ABSTRACT: Cenozoic Stratigraphic Evolution, North Sea and Labrador Sea

F. M. Gradstein, W. A. Berggren, M. A. Kaminski, M. A. D'Lorio, A. C. Grant, S. Cloetingh, B. S. Mudford, C. M. Griffiths

We are studying Cenozoic correlation patterns, burial trends, and subsidence history of the Central North Sea, Labrador, and Orphan basins. Our objectives are (1) to detail intraregional mid-high latitude biozonations using noise filtering and probabilistic zonation techniques; (2) to detail paleobathymetric trends from basin margins to centers; (3) to apply this knowledge to model basin evolution, in the perspective of the evolving North Atlantic Ocean; (4) to evaluate causes for the occurrence of major hiatuses and rapid changes of subsidence; and (5) to relate rapid changes in sedimentation in the last few millions of years to model observed undercompaction trends.

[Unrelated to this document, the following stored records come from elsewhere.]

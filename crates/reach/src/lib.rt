// Walks along the edges: the vertices that are reached from one get a mark. The queue holds those found, each once, in the order in which
// they were found; the vertices before `h` have been left along all their edges.
#![tactic(auto)]

ghost use Rattle.std.specs.Prelude.{◌≡◌, ◌+◌, ◌*◌, ◌<◌, ◌≤◌, length};
ghost use Rattle.index.specs.Index.{Indexed};
ghost use Rattle.reach.specs.Reach.{direction_number, takes_end, passable, Walkable, QueueFound, Pushed, VertexLeft, Reached};

// Which way a walk goes along the edges.
#[derive(Clone, Copy)]
pub enum Direction {
    Along,
    Against,
    Either,
}

// Whether a walk in this direction takes the edges at the end `off` of a vertex: 0 those that leave it, 1 those that enter it.
fn takes_end(direction: Direction, off: usize) -> bool
    ensures { result ≡ takes_end (direction_number direction) off }
{
    match direction {
        Direction::Along => off == 0,
        Direction::Against => off == 1,
        Direction::Either => true,
    }
}

// A plain walk takes no reference edge.
fn may_pass(es: &[u32], e: usize, plain: bool) -> bool
    requires { 4 * e + 4 ≤ length es.now }
    ensures { result ≡ passable plain es.now e }
{
    !(plain && store::edge_is_ref(es, e))
}

// Marks and queues what the edges at the end `off` of u lead to; u stands at h of the queue. The queue's new length.
fn push_steps(
    es: &[u32],
    m: usize,
    n: usize,
    heads: &[u32],
    nexts: &[u32],
    plain: bool,
    direction: Direction,
    off: usize,
    s: usize,
    h: usize,
    marks: &mut [u8],
    queue: &mut [u32],
    queued: usize,
) -> usize
    requires { (h < queued) × ((off ≤ 1) × (Indexed m n es.now heads.now nexts.now
        × (Walkable n marks.old queue.old × QueueFound plain (direction_number direction) m n es.now s marks.old queue.old queued))) }
    ensures { Pushed plain (direction_number direction) off m n es.now s h marks.old queue.old queued marks.new
        queue.new result }
{
    if !takes_end(direction, off) {
        return queued;
    }
    let u = queue[h] as usize;
    let mut tail = queued;
    let mut e = heads[2 * u + off] as usize;
    while e < m {
        let d = e;
        e = nexts[2 * d + off] as usize;
        if may_pass(es, d, plain) {
            let w = store::edge_end(es, d, 1 - off);
            if marks[w as usize] == 0 {
                marks[w as usize] = 1;
                queue[tail] = w;
                tail += 1;
            }
        }
    }
    tail
}

// Leaves the vertex at h of the queue along all the edges that the walk takes. The queue's new length.
fn leave_vertex(
    es: &[u32],
    m: usize,
    n: usize,
    heads: &[u32],
    nexts: &[u32],
    plain: bool,
    direction: Direction,
    s: usize,
    h: usize,
    marks: &mut [u8],
    queue: &mut [u32],
    queued: usize,
) -> usize
    requires { (h < queued) × (Indexed m n es.now heads.now nexts.now
        × (Walkable n marks.old queue.old × QueueFound plain (direction_number direction) m n es.now s marks.old queue.old queued)) }
    ensures { VertexLeft plain (direction_number direction) m n es.now s h marks.old queue.old queued marks.new
        queue.new result }
{
    let t = push_steps(
        es, m, n, heads, nexts, plain, direction, 0, s, h, marks, queue, queued,
    );
    push_steps(
        es, m, n, heads, nexts, plain, direction, 1, s, h, marks, queue, t,
    )
}

// Marks of n vertices what a walk in this direction reaches from s, and nothing else.
fn walk(
    es: &[u32],
    m: usize,
    n: usize,
    heads: &[u32],
    nexts: &[u32],
    plain: bool,
    direction: Direction,
    s: usize,
    marks: &mut [u8],
    queue: &mut [u32],
)
    requires { (s < n) × (Indexed m n es.now heads.now nexts.now × Walkable n marks.old queue.old) }
    ensures { Reached plain (direction_number direction) m n es.now s marks.new }
{
    compact::clear_marks(marks, 0, n);
    marks[s] = 1;
    queue[0] = s as u32;
    let mut tail = 1;
    let mut h = 0;
    // The queue grows while it is gone through, so there is no range for a `for`.
    while h < tail {
        tail = leave_vertex(
            es, m, n, heads, nexts, plain, direction, s, h, marks, queue, tail,
        );
        h += 1;
    }
}

// Marks of n vertices what is reached from s, and nothing else. Kind 0 goes along the edges, 1 against them, any other either way. The kind
// stays a number: docs/PROMISES.md names this function, and it takes every number.
pub fn mark_reached(
    es: &[u32],
    m: usize,
    n: usize,
    heads: &[u32],
    nexts: &[u32],
    plain: bool,
    kind: u32,
    s: usize,
    marks: &mut [u8],
    queue: &mut [u32],
)
    requires { (s < n) × (Indexed m n es.now heads.now nexts.now × Walkable n marks.old queue.old) }
    ensures { Reached plain kind m n es.now s marks.new }
{
    let direction = match kind {
        0 => Direction::Along,
        1 => Direction::Against,
        _ => Direction::Either,
    };
    walk(es, m, n, heads, nexts, plain, direction, s, marks, queue);
}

Cenozoic microfossil assemblages in these basins are similar, related to similarities in sedimentary and paleoeceanographic conditions. In more basinal wells, flysch-type agglutinated foraminiferal assemblages occur, also known from Carpathians, Trinidad, and Moroccan foredeeps. Over 90% of agglutinated taxa are common between these basins, although local stratigraphic ranges vary sufficiently to rely on the concept of average ranges, rather than total ones for correlations. Cenozoic stratigraphic resolution in the North Sea and Labrador basins generally is in 3-5-Ma units, and paleobathymetric zonations define a minimum of five niches, from inner shelf to middle slope regimes. Significant hiatuses occurred in the late Eocene through the Miocene, particularly in northern Labrador and orthern North Sea.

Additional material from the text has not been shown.